Craig Sheffer (A River Runs Through It, The Desperate Trail) is decent as Lt. Buxton, but the performance that makes this work is Don Johnson as Sgt. John Libbey, hard-bitten, flinty, tough and motivated by his notions of military and personal honor. John Dennis Johnston is very good as Sgt. Mulcahey as well. Bob Gunton makes Col. Hardesty seem like an officious military bureaucrat with no heart, until the very end. Rod Steiger’s Col. Owen Stuart has an unexplained faux-Irish accent, and Gabrielle Anwer seems too young for the independent reporter she’s supposed to be. She is not yet the actress she will become later in her career. Douglas MacArthur and the order-following leader of the pursuing cavalry are the villains, to the extent there are villains.

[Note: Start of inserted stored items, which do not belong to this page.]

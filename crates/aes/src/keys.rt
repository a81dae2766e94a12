// The key expansion (FIPS 197, 5.2), word by word.
ghost use Rattle.std.specs.Prelude.{◌≡◌, ◌+◌, ◌*◌, ◌<◌, take};
ghost use Rattle.meaning.specs.Cipher.{power};
ghost use Rattle.aes.specs.Schedule.{scheduled, grown};

use crate::sbox::Sbox;

// What a key is expanded to.
pub type Schedule = [u8; 176];

// Powers of {02}, the round constants.
const RCON: [u8; 10] = [0x01, 0x02, 0x04, 0x08, 0x10, 0x20, 0x40, 0x80, 0x1b, 0x36];

// The round constant of round n + 1. That there are ten rounds stays a clause: a type of rounds would be made and opened at each turn of one loop.
fn rcon(n: usize) -> u8
    requires { n < 10 }
    ensures { result ≡ power n }
{
    RCON[n]
}

// The first word of round key n + 1, where those before are there: by the word before, rotated and put through the S-box.
#[tactic(auto, using(crate::proofs::Expansion::first_made))]
fn first_word(sbox: &Sbox, w: &mut Schedule, n: usize)
    requires { n < 10 }
    ensures { w.new ≡ grown w.old (16 * n + 16) 4 }
{
    let i = 16 * n + 16;
    w[i] = w[i - 16] ^ (sbox.sub(w[i - 3]) ^ rcon(n));
    w[i + 1] = w[i - 15] ^ sbox.sub(w[i - 2]);
    w[i + 2] = w[i - 14] ^ sbox.sub(w[i - 1]);
    w[i + 3] = w[i - 13] ^ sbox.sub(w[i - 4]);
}

// The other three words of round key n + 1: each octet by the one four places before.
fn other_words(w: &mut Schedule, n: usize)
    requires { n < 10 }
    ensures { w.new ≡ grown w.old (16 * n + 20) 12 }
{
    let i = 16 * n + 20;
    for j in 0..12 {
        w[i + j] = w[i + j - 16] ^ w[i + j - 4];
    }
}

// The key in front, and room for the rest of its schedule.
fn begin(key: &[u8; 16]) -> Schedule
    ensures { take 16 result ≡ key.now }
{
    let mut w = [0u8; 176];
    w[..16].copy_from_slice(key);
    w
}

// The schedule of a key; the key stays.
pub fn schedule(sbox: &Sbox, key: &[u8; 16]) -> Schedule
    ensures { result ≡ scheduled key.now }
{
    let mut w = begin(key);
    for n in 0..10 {
        first_word(sbox, &mut w, n);
        other_words(&mut w, n);
    }
    w
}
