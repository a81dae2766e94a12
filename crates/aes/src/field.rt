// The field of octets (FIPS 197, 4.2): times {02}, and products.
ghost use Rattle.std.specs.Prelude.{◌≡◌};
ghost use Rattle.meaning.specs.Field.{xtime, product};

// An octet times {02}.
pub fn double(a: u8) -> u8
    ensures { result ≡ xtime a }
{
    (a << 1) ^ ((a >> 7) * 0x1b)
}

// The product of two octets in the field. The multiplier halves at each call: document 01 names this form.
pub fn product(a: u8, b: u8) -> u8
    ensures { result ≡ product a b }
{
    if b == 0 {
        0
    } else {
        let rest = product(double(a), b / 2);
        if b % 2 == 1 { a ^ rest } else { rest }
    }
}
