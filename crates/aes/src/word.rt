// Words: four octets, the first lowest. A column of the state is one, and so is a word of the expanded key.
ghost use Rattle.std.specs.Prelude.{◌≡◌, [], ◌∷◌, ◌+◌, ◌≤◌, length};
ghost use Rattle.meaning.specs.Octets.{octs, part};
ghost use Rattle.aes.specs.Words.{turned, doubled, mix_column};

// The word of four octets. A function of its own, since its promise is of octets, and that of `from_le_bytes` of a number.
pub fn join(a: u8, b: u8, c: u8, d: u8) -> u32
    ensures { octs 4 result ≡ a ∷ b ∷ c ∷ d ∷ [] }
{
    u32::from_le_bytes([a, b, c, d])
}

// The word that stands in a slice from a place on.
pub fn word_at(s: &[u8], at: usize) -> u32
    requires { at + 4 ≤ length s.now }
    ensures { octs 4 result ≡ part at 4 s.now }
{
    octets::whole::<u32>(s, at)
}

// Each octet a place to the front, the first to the end.
fn turn(x: u32) -> u32
    ensures { octs 4 result ≡ turned (octs 4 x) }
{
    x.rotate_right(8)
}

// Each octet times {02}: the low seven bits doubled, and {1b} where the top bit was set. No carry leaves its octet.
fn double_each(x: u32) -> u32
    ensures { octs 4 result ≡ doubled (octs 4 x) }
{
    ((x & 0x7f7f7f7f) * 2) ^ (((x / 128) & 0x01010101) * 0x1b)
}

// A column times the matrix of MixColumns: in each row a + b is doubled, then b, c and d are added.
#[tactic(auto, using(crate::proofs::Words::mix_word))]
pub fn mix(x: u32) -> u32
    ensures { octs 4 result ≡ mix_column (octs 4 x) }
{
    let next = turn(x);
    let sum = x ^ next;
    double_each(sum) ^ next ^ turn(turn(sum))
}
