// AES-128 (FIPS 197), encryption. A `Cipher` is made once for a key, with the S-box that it looks octets up in.
// Read sbox, field and word, then keys and rounds.
#![tactic(auto)]

mod field;
mod keys;
mod rounds;
mod sbox;
mod word;

ghost use Rattle.std.specs.Prelude.{◌≡◌};
ghost use Rattle.meaning.specs.Cipher.{cipher};

pub use field::product;
pub use keys::Schedule;
pub use rounds::Cipher;
pub use sbox::{Sbox, sbox_table};

// The cipher of a block under a key.
pub fn encrypt(key: [u8; 16], block: [u8; 16]) -> [u8; 16]
    ensures { result ≡ cipher key block }
{
    Cipher::new(&key).encrypt(block)
}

This is better than one would expect, but it’s not perfect. The pursuit from the White Mountains of Arizona to Montana seems like it takes place in one day, although it would have taken weeks. The filmmakers needed to find a more effective way to depict the sheer length and effort of such a drive northward. Sheffer’s Buxton sometimes seems confused (as a real young lieutenant would have been) but strangely confident at other times. Still, it’s worth watching, although it raises questions about the factual background. Filmed in color in Australia, at 111 minutes.
If the names of the sergeants seem familiar, it’s because they often show up in John Ford cavalry movies (Fort Apache, etc.). For another western featuring young officers (Jason Patric and Matt Damon) balancing honor against an inflexible military structure, see Walter Hill’s Geronimo: An American Legend (1993).